TASK GOAL: Only lines containing "that" belong in the answer, each copied from the entries below.

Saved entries
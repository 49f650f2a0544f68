//! Constants of the manual pages, and the words of scripts for them.

use std::alloc::{AllocError, Global};

/// Constants that stand alone, each with its word: of socket(2), open(2), shutdown(2), lseek(2) and socket(7).
const WORDS: &[(&[u8], &[u8])] = &[
    (b"SOCK_STREAM", b"stream"),
    (b"SOCK_DGRAM", b"dgram"),
    (b"SOCK_SEQPACKET", b"seq"),
    (b"O_RDONLY", b"r"),
    (b"O_WRONLY", b"w"),
    (b"O_RDWR", b"rw"),
    (b"SHUT_RD", b"r"),
    (b"SHUT_WR", b"w"),
    (b"SHUT_RDWR", b"rw"),
    (b"SEEK_SET", b"set"),
    (b"SEEK_CUR", b"cur"),
    (b"SEEK_END", b"end"),
    (b"SO_TYPE", b"type"),
    (b"SO_ERROR", b"error"),
    (b"SO_PASSCRED", b"passcred"),
    (b"SO_PEERCRED", b"peercred"),
    (b"SO_ACCEPTCONN", b"accept"),
];

/// Flags, which may be joined by `|`, each with its letter, in the order in which letters stand.
const FLAGS: &[(&[u8], u8)] = &[
    (b"O_APPEND", b'a'),
    (b"O_NONBLOCK", b'n'),
    (b"SOCK_NONBLOCK", b'n'),
    (b"EFD_NONBLOCK", b'n'),
    (b"MSG_DONTWAIT", b'd'),
    (b"MSG_PEEK", b'p'),
    (b"MSG_TRUNC", b't'),
    (b"O_CLOEXEC", b'x'),
    (b"SOCK_CLOEXEC", b'x'),
    (b"EFD_CLOEXEC", b'x'),
    (b"MFD_CLOEXEC", b'x'),
    (b"FD_CLOEXEC", b'x'),
    (b"MSG_CMSG_CLOEXEC", b'x'),
    (b"EFD_SEMAPHORE", b's'),
];

fn is_flag(word: &[u8]) -> bool {
    FLAGS.iter().any(|(flag, _)| word == *flag)
}

/// The letters of flags that are joined by `|`.
fn letters_of(alloc: Global, word: &[u8]) -> Result<Option<Vec<u8>>, AllocError> {
    if !word.split(|byte| *byte == b'|').all(is_flag) {
        return Ok(None);
    }
    let mut letters = Vec::new(alloc);
    for (flag, letter) in FLAGS {
        let asked = word.split(|byte| *byte == b'|').any(|part| part == *flag);
        if asked && letters.last() != Some(letter) {
            letters.push(*letter)?;
        }
    }
    Ok(Some(letters))
}

/// The number behind `0x` in decimal digits.
fn decimal_of(alloc: Global, word: &[u8]) -> Result<Option<Vec<u8>>, AllocError> {
    let Some(digits) = word.strip_prefix(b"0x") else {
        return Ok(None);
    };
    let Ok(text) = str::from_utf8(digits) else {
        return Ok(None);
    };
    match u64::from_str_radix(text, 16) {
        Ok(number) if !text.starts_with('+') => {
            Ok(Some(format!(in alloc; "{number}")?.into_bytes()))
        }
        _ => Ok(None),
    }
}

/// The word of a script that a constant or a number behind `0x` stands for, if it is one.
pub(crate) fn word_for(alloc: Global, word: &[u8]) -> Result<Option<Vec<u8>>, AllocError> {
    for (constant, plain) in WORDS {
        if word == *constant {
            return Ok(Some(Vec::from_slice(alloc, plain)?));
        }
    }
    if let Some(letters) = letters_of(alloc, word)? {
        return Ok(Some(letters));
    }
    decimal_of(alloc, word)
}
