//! Scripts as people type them: with names of processes and of descriptors, further blanks, and comments behind calls.
#![tactic(auto)]

mod constants;
mod fault;
mod line;
mod names;
mod polls;
mod run;
mod scope;
mod typed;
mod words;

pub use fault::NameFault;
pub use run::NamedScript;
pub use scope::Named;
pub use typed::{Typed, as_typed};
pub use words::{Meanings, WordFault, line_for};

RESPONSE TO THE EXERCISE:
/// Constants that stand alone, each with its word: of socket(2), open(2), shutdown(2), lseek(2) and socket(7).
/// The letters of flags that are joined by `|`.
/// The word of a script that a constant or a number behind `0x` stands for, if it is one.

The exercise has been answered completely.